I wish you the best in this... great knowing you have a plan B if your H doesn't respond positively.


----------



## Theseus (Feb 22, 2013)

alisa said:


> I have realised that anything that I have shown to like in the past, he stopped doing it (and I mean everything that showed that I was liking it!). Then he also admitted that he is more happy if I dont enjoy it


Wow!! Is he Muslim, by any chance? Because that is the same attitude I have seen with some Muslim men that I have known.

The only positive thing I can see here is that at least he is honest about what he wants. Now it's time for you to be honest about what YOU want.


----------



## alisa (Dec 28, 2012)

Chris Taylor said:


> If you have time, get and read the book "Your Perfect Right" which discusses being more assertive.
> 
> His controlling attitude probably stifles your ability to voice your opinion or stay committed to your opinion once he starts putting it/you down. Being more assertive will help you, if not now then in your future.


Thanks Chris... I certainly need to work on this..funny how my profession requires it on daily basis and I am in such position in front of my husband!


----------



## alisa (Dec 28, 2012)

waiwera said:


> alisa - You know yourself and your husband better than anyone here or elsewhere...your doing what you know/feel is right.
> 
> I wish you the best in this... great knowing you have a plan B if your H doesn't respond positively.


I have used emails before on many occasions and he literally doesnt read them or even if he does, he gets back to me by saying that I just love making issues out of nothing and maybe I should spend that time reading something useful! So I am not going to spend lots of time writing something that he isnt going to take seriously. I better speak to him about it and give him a timescale after seeing his response. One way or another, I am not going to let myself locked out or in my own house. Who knows how he reacts, I have to secure myself before doing such a thing....


----------



## alisa (Dec 28, 2012)

Theseus said:


> Wow!! Is he Muslim, by any chance? Because that is the same attitude I have seen with some Muslim men that I have known.
> 
> The only positive thing I can see here is that at least he is honest about what he wants. Now it's time for you to be honest about what YOU want.


He was born muslim but he says he is an atheist now. He is very active in promoting rationalist thought, he is a member of a rationalist society and is always going on about the rights of women etc. Guess he has not truly changed....


----------



## MattMatt (May 19, 2012)

alisa said:


> He was born muslim but he says he is an atheist now. He is very active in promoting rationalist thought, he is a member of a rationalist society and is always going on about the rights of women etc. Guess he has not truly changed....

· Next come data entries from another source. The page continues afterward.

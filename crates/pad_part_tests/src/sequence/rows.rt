//! Rows, texts and version vectors, compared with contents worked out by hand.
use pad_model::{Counted, Items, OpName, Refusal, Seen, Text};
use std::alloc::Global;
use std::test::Fail;

#[test]
fn gives_its_items(rt: HostRuntime) -> Result<(), Fail> {
    let mut row: Items<u16> = Items::new(rt.alloc());
    assert!(rt; row.is_empty(), "{row:?}");
    row.push(7)?;
    row.push(9)?;
    assert!(rt; row.get(1) == Some(&9), "{row:?}");
    assert!(rt; row.get(2).is_none(), "{row:?}");
    let copy = row.clone()?;
    assert!(rt; copy == row, "wanted {row:?}, came {copy:?}");
    Ok(())
}

#[test]
fn writes_what_it_read(rt: HostRuntime) -> Result<(), Fail> {
    let mut text = Text::from_str(rt.alloc(), "añ")?;
    text.push('☺')?;
    assert!(rt; text.len() == 3 && !text.is_empty(), "{text:?}");
    let came = text.to_string(rt.alloc())?;
    assert!(rt; came.as_str() == "añ☺", "wanted añ☺, came {came}");
    Ok(())
}

fn filled(alloc: Global) -> Result<Seen, Refusal> {
    let mut seen = Seen::new(alloc);
    seen.set(7, 3)?;
    seen.advance(2)?;
    seen.advance(7)?;
    seen.set(5, 1)?;
    seen.set(5, 0)?;
    Ok(seen)
}

#[test]
fn counts_by_origin(rt: HostRuntime) -> Result<(), Fail> {
    let seen = filled(rt.alloc())?;
    let pairs = [
        Counted {
            origin: 2,
            count: 1,
        },
        Counted {
            origin: 7,
            count: 4,
        },
    ];
    assert!(rt;
        seen.pairs() == pairs.as_slice(),
        "wanted {pairs:?}, came {seen:?}"
    );
    assert!(rt; seen.count(5) == 0, "wanted none of 5, came {seen:?}");
    let covered = [(7, 4, true), (7, 5, false), (5, 1, false), (5, 0, true)];
    for (origin, number, want) in covered {
        let came = seen.covers(OpName { origin, number });
        assert!(rt;
            came == want,
            "{number} of {origin}: wanted {want}, came {came}"
        );
    }
    let copy = seen.clone()?;
    assert!(rt; copy == seen, "wanted {seen:?}, came {copy:?}");
    Ok(())
}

Oh. The problem is some people confuse rational thought with rationalising thoughts, and this leads them to become arrogant, self-serving and selfish.


----------



## PieceOfSky (Apr 7, 2013)

alisa said:


> Now just need to muster up some courage to stand up for my rights and not get trapped in his many tactics to control me and make me doubt my own opinion!


In case it wasn't clear to anyone why I mentioned The Truman Show, it is because this is exactly what the movie was about to me -- finding EXACTLY that sort of courage. Truman was being controlled and made to doubt his mind and worth in many ways. He had only an inkling that he deserved better, and that better was possible. He kept this feeling to himself, but never let go of it. His dissatisfaction with the status quoue grew and grew, along with his despair. Eventually, he started to believe he deserved better, and started to see that the opinion that should matter most is his own -- not his wife's, not his friends, not his family. And, eventually he found the courage to act despite his fears and even amplified attempts to control him.

Most people I know never saw the movie that way, or would find it inspiring in anyway. But, it worked for me, and thought perhaps it would resonate with you.

(Sorry for the little movie review here, but certain movies inspire me and give me emotional fuel, and this one just seemed relevant here.)


----------



## PieceOfSky (Apr 7, 2013)

CuddleBug said:


> If you're a HD woman and he's a LD guy...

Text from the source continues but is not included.